### [Information provided]
※ ※ ※
//! A relation field: its entries, and the alternatives of each.

ghost use Rattle.std.specs.Prelude.{◌≡◌, ◌==◌, ◌<◌, length, Some, slice_get};

use crate::atom::Atom;
use std::alloc::AllocError;
use std::marker::Model;

/// The alternatives of an entry, any of which will do. A contract sees their list.
#[derive(Drop)]
pub struct Entry {
    alternatives: Vec<Atom>,
}

impl Model for Entry {
    ghost use Rattle.deb_relation.specs.Relations as spec;

    ghost Value = { spec.Entry };

    ghost view = { λ entry. entry.alternatives.items };
}

impl Entry {
    /// Makes an entry of its alternatives.
    pub fn from_alternatives(alternatives: Vec<Atom>) -> Entry
        ensures { result ≡ alternatives.items }
    {
        Entry { alternatives }
    }

    /// How many alternatives the entry has.
    pub fn len(&self) -> usize
        ensures { result ≡ length self.now }
    {
        self.alternatives.len()
    }

    /// Tells whether the entry has no alternative. None that was read is so.
    pub fn is_empty(&self) -> bool
        ensures { result ≡ (length self.now == 0) }
    {
        self.alternatives.is_empty()
    }

    /// The alternative of a number below `len`.
    pub fn alternative(&self, number: usize) -> &Atom
        requires { number < length self.now }
        ensures { slice_get self.now number ≡ Some result.now }
    {
        &self.alternatives[number]
    }

    /// The alternatives in their order.
    pub fn alternatives(&self) -> &[Atom]
        ensures { result.now ≡ self.now }
    {
        &self.alternatives
    }
}

impl Clone for Entry {
    ghost is_clone = { λ entry copy. copy ≡ entry };

    fn clone(&self) -> Result<Entry, AllocError> {
        Ok(Entry {
            alternatives: self.alternatives.clone()?,
        })
    }
}

/// The entries of a relation field, all of which are wanted. A contract sees their list.
#[derive(Drop)]
pub struct Relations {
    entries: Vec<Entry>,
}

impl Model for Relations {
    ghost use Rattle.deb_relation.specs.Relations as spec;

    ghost Value = { spec.Relations };

    ghost view = { λ relations. relations.entries.items };
}

impl Relations {
    /// Makes a field of its entries.
    pub fn from_entries(entries: Vec<Entry>) -> Relations
        ensures { result ≡ entries.items }
    {
        Relations { entries }
    }

    /// How many entries the field has.
    pub fn len(&self) -> usize
        ensures { result ≡ length self.now }
    {
        self.entries.len()
    }

    /// Tells whether the field has no entry.
    pub fn is_empty(&self) -> bool
        ensures { result ≡ (length self.now == 0) }
    {
        self.entries.is_empty()
    }

    /// The entry of a number below `len`.
    pub fn entry(&self, number: usize) -> &Entry
        requires { number < length self.now }
        ensures { slice_get self.now number ≡ Some result.now }
    {
        &self.entries[number]
    }

    /// The entries in their order.
    pub fn entries(&self) -> &[Entry]
        ensures { result.now ≡ self.now }
    {
        &self.entries
    }

    /// Takes the entries out.
    pub fn into_entries(self) -> Vec<Entry>
        ensures { result.items ≡ self }
    {
        self.entries
    }
}

impl Clone for Relations {
    ghost is_clone = { λ relations copy. copy ≡ relations };

    fn clone(&self) -> Result<Relations, AllocError> {
        Ok(Relations {
            entries: self.entries.clone()?,
        })
    }
}
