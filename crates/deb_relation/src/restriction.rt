//! The lists that restrict an alternative to architectures and to build profiles.

ghost use Rattle.std.specs.Prelude.{◌≡◌, IfOk};

use std::alloc::{AllocError, Global};
use std::marker::Model;

/// A word of a list. A contract sees its bytes.
#[derive(Drop)]
pub struct Word {
    text: Vec<u8>,
}

impl Model for Word {
    ghost use Rattle.std.specs.Prelude.{ℕ, List};

    ghost Value = { List ℕ };

    ghost view = { λ word. word.text.items };
}

impl Word {
    /// Copies a text.
    pub fn from_slice(alloc: Global, text: &[u8]) -> Result<Word, AllocError>
        ensures { IfOk result (λ word. word ≡ text.now) }
    {
        Ok(Word {
            text: Vec::from_slice(alloc, text)?,
        })
    }

    /// The bytes of the word.
    pub fn text(&self) -> &[u8]
        ensures { result.now ≡ self.now }
    {
        &self.text
    }
}

impl Clone for Word {
    ghost is_clone = { λ word copy. copy ≡ word };

    fn clone(&self) -> Result<Word, AllocError> {
        Ok(Word {
            text: self.text.clone()?,
        })
    }
}

/// The architectures of an alternative, as `[amd64 i386]` or `[!hurd-i386]` (Debian Policy 7.1).
#[derive(Drop)]
pub struct ArchList {
    /// Each name has `!` before it.
    pub negated: bool,
    pub names: Vec<Word>,
}

impl Model for ArchList {
    ghost use Rattle.deb_relation.specs.Relations as spec;

    ghost Value = { spec.ArchList };

    ghost view = { λ list. record { negated = list.negated; names = list.names.items } };
}

impl Clone for ArchList {
    ghost is_clone = { λ list copy. copy ≡ list };

    fn clone(&self) -> Result<ArchList, AllocError> {
        Ok(ArchList {
            negated: self.negated,
            names: self.names.clone()?,
        })
    }
}

/// A word of a profile list.
#[derive(Drop)]
pub struct Item {
    pub word: Word,
    /// The word has `!` before it.
    pub negated: bool,
}

impl Model for Item {
    ghost use Rattle.deb_relation.specs.Relations as spec;

    ghost Value = { spec.Item };

    ghost view = { λ item. record { word = item.word; negated = item.negated } };
}

impl Clone for Item {
    ghost is_clone = { λ item copy. copy ≡ item };

    fn clone(&self) -> Result<Item, AllocError> {
        Ok(Item {
            word: self.word.clone()?,
            negated: self.negated,
        })
    }
}

/// A profile list, as `<stage1 !nocheck>` (BuildProfileSpec). A contract sees its items.
#[derive(Drop)]
pub struct ProfileList {
    items: Vec<Item>,
}

impl Model for ProfileList {
    ghost use Rattle.std.specs.Prelude.{List};
    ghost use Rattle.deb_relation.specs.Relations as spec;

    ghost Value = { List spec.Item };

    ghost view = { λ list. list.items.items };
}

impl ProfileList {
    /// Makes a list of its items.
    pub fn from_items(items: Vec<Item>) -> ProfileList
        ensures { result ≡ items.items }
    {
        ProfileList { items }
    }

    /// The items in their order.
    pub fn items(&self) -> &[Item]
        ensures { result.now ≡ self.now }
    {
        &self.items
    }
}

impl Clone for ProfileList {
    ghost is_clone = { λ list copy. copy ≡ list };

    fn clone(&self) -> Result<ProfileList, AllocError> {
        Ok(ProfileList {
            items: self.items.clone()?,
        })
    }
}
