//! Relation fields of Debian control data, by Debian Policy chapter 7: their parts, how they are
//! read, and which package satisfies one of them.
//!
//! Proved: fields, entries and alternatives are read exactly as the grammar has them, or refused
//! with the first fault (121 to 130), memory apart; `satisfies` and `in_relation` are their
//! definitions; what was read of a Depends field is read again from its spelling. Only tested: that
//! dpkg says the same (policy_cases). Not proved: that `is_same_entry` finds all entries that are
//! equal.
#![tactic(auto)]

mod alternative;
mod atom;
mod error;
mod field;
mod grammar;
mod holding;
mod host;
mod kind;
pub mod laws;
mod lists;
mod operator;
mod relation;
mod relations;
mod restriction;
mod same;
mod satisfaction;
mod store;
mod words;

pub use atom::Atom;
pub use error::{
    ALTERNATIVES, BAD_ARCHITECTURES, BAD_NAME, BAD_OPERATOR, BAD_PROFILES, BAD_VERSION, BAD_WORD,
    NO_ALTERNATIVE, NOT_CLOSED, NOT_EQUAL, RESTRICTION, RelationError,
};
pub use field::{judge_entries, next_entry};
pub use host::Host;
pub use kind::Kind;
pub use operator::Op;
pub use relation::{copy_relation, view_relation};
pub use relations::{Entry, Relations};
pub use restriction::{ArchList, Item, ProfileList, Word};
pub use same::{hash_of_entry, is_same_entry};
pub use satisfaction::{Facts, in_relation, provides_it, satisfies};
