//! What reading and spelling keep, each as the contract of a function that does nothing.

ghost use Rattle.deb_relation.specs.Laws.{AlternativesAreReadAgain, EntriesAreReadAgain};

/// An alternative of a Depends field that was read is read again from its spelling.
pub fn alternatives_are_read_again()
    ensures { AlternativesAreReadAgain }
{}

/// An entry of a Depends field that was read is read again from its spelling.
pub fn entries_are_read_again()
    ensures { EntriesAreReadAgain }
{}
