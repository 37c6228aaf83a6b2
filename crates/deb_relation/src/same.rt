//! Whether entries are written alike.

ghost use Rattle.std.specs.Prelude.{◌≡◌, IsTrue};

use crate::atom::Atom;
use crate::operator::Op;
use deb_text::is_same_text;
use deb_version::VersionRef;

fn is_same_relation(a: Option<(Op, VersionRef)>, b: Option<(Op, VersionRef)>) -> bool
    ensures { IsTrue result → a.entry ≡ b.entry }
{
    match (a, b) {
        (Some((op, bound)), Some((other, version))) => {
            op == other && is_same_text(bound.text(), version.text())
        }
        (None, None) => true,
        _ => false,
    }
}

fn is_same_atom(a: &Atom, b: &Atom) -> bool
    ensures { IsTrue result → a.now ≡ b.now }
{
    is_same_text(a.name(), b.name())
        && is_same_relation(a.relation(), b.relation())
        && a.is_bare()
        && b.is_bare()
}

/// Tells whether two entries are known to be the same: they have the same alternatives, none of
/// them with a qualifier or a restriction. The call takes no memory.
pub fn is_same_entry(a: &[Atom], b: &[Atom]) -> bool
    ensures { IsTrue result → a.now ≡ b.now }
{
    if a.len() != b.len() {
        return false;
    }
    for place in 0..a.len() {
        if !is_same_atom(&a[place], &b[place]) {
            return false;
        }
    }
    true
}

/// A number of some bytes behind a number of others.
fn mixed(number: u64, bytes: &[u8]) -> u64 {
    let mut mixed = number;
    for byte in bytes {
        mixed = (mixed ^ *byte as u64).wrapping_mul(0x0100_0000_01b3);
    }
    mixed
}

/// A number of an entry by which it may be looked up, the same for entries that are the same. The
/// call takes no memory.
pub fn hash_of_entry(atoms: &[Atom]) -> u64 {
    let mut number = 0xcbf2_9ce4_8422_2325;
    for atom in atoms {
        number = mixed(number, atom.name());
        if let Some((op, bound)) = atom.relation() {
            number = mixed(number, &[op as u8]);
            number = mixed(number, bound.text());
        }
    }
    number
}
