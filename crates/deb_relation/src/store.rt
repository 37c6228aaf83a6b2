//! How an alternative is kept, in as few bytes as will do: a text may have millions of them.

ghost use Rattle.std.specs.Prelude.{◌≡◌, ◌+◌, ◌<◌, ◌≤◌, ◌==◌, ◌++◌, not, IfOk, IfSome, length, take};
ghost use Rattle.std.specs.Option.{option_map};
ghost use Rattle.deb_relation.specs.Stored.{AreCut, IsLength, Measures, joined, qualifier_in, relation_in, version_end, version_start};

use crate::operator::Op;
use crate::restriction::{ArchList, ProfileList};
use deb_version::{Version, VersionRef};
use std::alloc::{AllocError, Global};
use std::boxed::Box;
use std::marker::Model;

/// How many bytes an alternative has room for in itself.
pub const ROOM: usize = 11;

/// How many bytes there is room for in the smallest block.
pub const SMALL_BLOCK: usize = 24;

/// How many bytes each text of an alternative has, where they lie one behind the other.
#[derive(Clone, Copy)]
pub struct Cuts {
    pub name: u8,
    /// 0 where there is no qualifier: none is empty.
    pub qualifier: u8,
    /// 0 where there is no relation: no version is empty.
    pub version: u8,
    /// The operator of the relation, if there is one.
    pub op: Op,
}

impl Cuts {
    fn version_start(&self) -> usize
        ensures { result ≡ version_start self.now }
    {
        usize::from(self.name) + usize::from(self.qualifier)
    }

    /// How many bytes the texts have in all.
    pub fn version_end(&self) -> usize
        ensures { result ≡ version_end self.now }
    {
        self.version_start() + usize::from(self.version)
    }

    /// How many bytes these texts have, unless one has more than 255 or is there and empty.
    pub fn of(name: &[u8], qualifier: Option<&[u8]>, version: Option<&[u8]>, op: Op) -> Option<Cuts>
        ensures lengths { IfSome result (λ cuts. Measures cuts name.now
            (option_map (λ q. q.now) qualifier.entry) (option_map (λ v. v.now) version.entry)) }
        ensures op { IfSome result (λ cuts. cuts.op ≡ op) }
    {
        Some(Cuts {
            name: short_length(name)?,
            qualifier: optional_length(qualifier)?,
            version: optional_length(version)?,
            op,
        })
    }

    /// Tells whether there is a qualifier.
    pub fn has_qualifier(&self) -> bool
        ensures { result ≡ not (self.now.qualifier == 0) }
    {
        self.qualifier != 0
    }

    /// The name among these texts.
    pub fn name<'a>(&self, text: &'a [u8]) -> &'a [u8]
        requires { AreCut self.now text.now }
        ensures { result.now ≡ take self.now.name text.now }
    {
        &text[..usize::from(self.name)]
    }

    /// The qualifier among these texts, if there is one.
    pub fn qualifier<'a>(&self, text: &'a [u8]) -> Option<&'a [u8]>
        requires { AreCut self.now text.now }
        ensures { option_map (λ q. q.now) result ≡ qualifier_in self.now text.now }
    {
        if !self.has_qualifier() {
            return None;
        }
        Some(&text[usize::from(self.name)..self.version_start()])
    }

    /// The relation among these texts, if there is one.
    pub fn relation<'a>(&self, text: &'a [u8]) -> Option<(Op, VersionRef<'a>)>
        requires { AreCut self.now text.now }
        ensures { result ≡ relation_in self.now text.now }
    {
        if self.version == 0 {
            return None;
        }
        let version = &text[self.version_start()..self.version_end()];
        Some((self.op, VersionRef::known(version)))
    }
}

/// The length of a text that is not empty and has no more than 255 bytes.
fn short_length(text: &[u8]) -> Option<u8>
    ensures { IfSome result (λ n. (n ≡ length text.now) × (0 < n)) }
{
    if text.is_empty() || text.len() > 255 {
        return None;
    }
    Some(text.len() as u8)
}

/// The same, and 0 where there is no text.
fn optional_length(text: Option<&[u8]>) -> Option<u8>
    ensures { IfSome result (λ n. IsLength n (option_map (λ t. t.now) text.entry)) }
{
    match text {
        Some(text) => short_length(text),
        None => Some(0),
    }
}

/// Puts bytes at a place.
fn put<const N: usize>(text: [u8; N], at: usize, bytes: &[u8]) -> [u8; N]
    requires room { length text ≡ N }
    requires fits { at + length bytes.now ≤ N }
    ensures front { take (at + length bytes.now) result ≡ take at text.entry ++ bytes.now }
    ensures room { length result ≡ N }
{
    let mut written = text;
    for place in 0..bytes.len() {
        written[at + place] = bytes[place];
    }
    written
}

/// These texts one behind the other, where there is room for them.
pub fn joined_in<const N: usize>(
    name: &[u8],
    qualifier: Option<&[u8]>,
    version: Option<&[u8]>,
) -> [u8; N]
    requires { length (joined name.now (option_map (λ q. q.now) qualifier)
        (option_map (λ v. v.now) version)) ≤ N }
    ensures room { length result ≡ N }
    ensures front { take (length (joined name.now (option_map (λ q. q.now) qualifier.entry)
        (option_map (λ v. v.now) version.entry))) result
        ≡ joined name.now (option_map (λ q. q.now) qualifier.entry)
        (option_map (λ v. v.now) version.entry) }
{
    let qualifier = qualifier.unwrap_or(b"");
    let version = version.unwrap_or(b"");
    let text = put([0; N], 0, name);
    let text = put(text, name.len(), qualifier);
    put(text, name.len() + qualifier.len(), version)
}

/// These texts one behind the other.
pub fn joined_in_block(
    alloc: Global,
    name: &[u8],
    qualifier: Option<&[u8]>,
    version: Option<&[u8]>,
) -> Result<Vec<u8>, AllocError>
    ensures { IfOk result (λ text. text.items ≡ joined name.now
        (option_map (λ q. q.now) qualifier.entry) (option_map (λ v. v.now) version.entry)) }
{
    let qualifier = qualifier.unwrap_or(b"");
    let version = version.unwrap_or(b"");
    let bytes = name
        .len()
        .saturating_add(qualifier.len())
        .saturating_add(version.len());
    let mut text = Vec::with_capacity(alloc, bytes)?;
    text.extend_from_slice(name)?;
    text.extend_from_slice(qualifier)?;
    text.extend_from_slice(version)?;
    Ok(text)
}

/// An alternative by its parts, each in a block of its own.
#[derive(Drop)]
pub struct Whole {
    pub name: Vec<u8>,
    pub qualifier: Option<Vec<u8>>,
    pub relation: Option<(Op, Version)>,
    pub archs: Option<ArchList>,
    pub profiles: Vec<ProfileList>,
}

impl Model for Whole {
    ghost use Rattle.std.specs.Option.{option_map};
    ghost use Rattle.deb_relation.specs.Relations as spec;

    ghost Value = { spec.Atom };

    ghost view = { λ whole. record {
      name = whole.name.items;
      qualifier = option_map (λ q. q.items) whole.qualifier;
      relation = whole.relation;
      archs = whole.archs;
      profiles = whole.profiles.items;
    } };
}

/// Where an alternative is kept.
#[derive(Drop)]
pub enum Store {
    /// Its texts lie here, one behind the other.
    Here(Cuts, [u8; ROOM]),
    /// They lie in the smallest block that there is.
    Small(Cuts, Box<[u8; SMALL_BLOCK]>),
    /// They lie in a block as large as they are.
    Large(Cuts, Box<Vec<u8>>),
    /// It has restrictions, or a text of more than 255 bytes.
    Whole(Box<Whole>),
}

impl Clone for Whole {
    ghost is_clone = { λ whole copy. copy ≡ whole };

    fn clone(&self) -> Result<Whole, AllocError> {
        Ok(Whole {
            name: self.name.clone()?,
            qualifier: clone_qualifier(&self.qualifier)?,
            relation: clone_relation(&self.relation)?,
            archs: clone_archs(&self.archs)?,
            profiles: self.profiles.clone()?,
        })
    }
}

fn clone_qualifier(qualifier: &Option<Vec<u8>>) -> Result<Option<Vec<u8>>, AllocError>
    ensures { IfOk result
        (λ copy. option_map (λ q. q.items) copy ≡ option_map (λ q. q.items) qualifier.now) }
{
    match qualifier {
        Some(qualifier) => Ok(Some(qualifier.clone()?)),
        None => Ok(None),
    }
}

fn clone_relation(relation: &Option<(Op, Version)>) -> Result<Option<(Op, Version)>, AllocError>
    ensures { IfOk result (λ copy. copy ≡ relation.now) }
{
    match relation {
        Some((op, version)) => Ok(Some((*op, version.clone()?))),
        None => Ok(None),
    }
}

fn clone_archs(archs: &Option<ArchList>) -> Result<Option<ArchList>, AllocError>
    ensures { IfOk result (λ copy. copy ≡ archs.now) }
{
    match archs {
        Some(archs) => Ok(Some(archs.clone()?)),
        None => Ok(None),
    }
}
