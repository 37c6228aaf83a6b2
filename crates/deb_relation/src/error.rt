//! Why a text is no relation field.

ghost use Rattle.std.specs.Prelude.{◌≡◌};

use deb_text::MEMORY;
use std::alloc::{AllocError, AllocFailed};
use thiserror::Error;

/// No name, an empty qualifier, or a byte that no later part begins with.
pub const BAD_NAME: u16 = 121;

/// What follows `(` is none of the five operators.
pub const BAD_OPERATOR: u16 = 122;

/// What follows the operator is no version.
pub const BAD_VERSION: u16 = 123;

/// No architecture, one that is no word, or some with `!` and some without.
pub const BAD_ARCHITECTURES: u16 = 124;

/// A bracket is not closed.
pub const NOT_CLOSED: u16 = 125;

/// Alternatives, in a kind of field that has none.
pub const ALTERNATIVES: u16 = 126;

/// A list of architectures or profiles, in a kind of field that has none.
pub const RESTRICTION: u16 = 127;

/// Another operator than `=` in a Provides field.
pub const NOT_EQUAL: u16 = 128;

/// An alternative of blanks alone.
pub const NO_ALTERNATIVE: u16 = 129;

/// No profile, or one that is no word.
pub const BAD_PROFILES: u16 = 130;

/// A word with a byte that it may not have, in a list of words alone.
pub const BAD_WORD: u16 = 131;

/// Why a text was not read. The numbers are part of the output format. Under [`MEMORY`] the text
/// may be a relation field.
#[derive(Clone, Copy, Debug, PartialEq, Eq, Error)]
#[error("{code} {}", reason(.code))]
pub struct RelationError {
    pub code: u16,
}

impl From<AllocError> for RelationError {
    ghost from_gives = { λ _ error. error ≡ record { code = 900 } };

    fn from(_error: AllocError) -> RelationError {
        RelationError { code: MEMORY }
    }
}

impl<T: Drop> From<AllocFailed<T>> for RelationError {
    ghost from_gives = { λ _ error. error ≡ record { code = 900 } };

    fn from(_error: AllocFailed<T>) -> RelationError {
        RelationError { code: MEMORY }
    }
}

fn reason(code: &u16) -> &'static str {
    match *code {
        BAD_NAME => "no name, an empty qualifier, or a byte that begins no part",
        BAD_OPERATOR => "expected one of the operators << <= = >= >>",
        BAD_VERSION => "expected a version",
        BAD_ARCHITECTURES => "expected names of architectures, all with `!` or none",
        NOT_CLOSED => "a bracket is not closed",
        ALTERNATIVES => "alternatives in a field that has none",
        RESTRICTION => "a restriction in a field that has none",
        NOT_EQUAL => "another operator than `=` in a Provides field",
        NO_ALTERNATIVE => "an empty alternative",
        BAD_PROFILES => "expected names of profiles",
        BAD_WORD => "a byte that a word may not have",
        MEMORY => "out of memory",
        _ => "no code of a relation field",
    }
}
※ ※ ※
### [Work item]
Determine how many lines of the entries contain the string "ArchList", and reply with nothing but the number.

### [Completed exercise]
10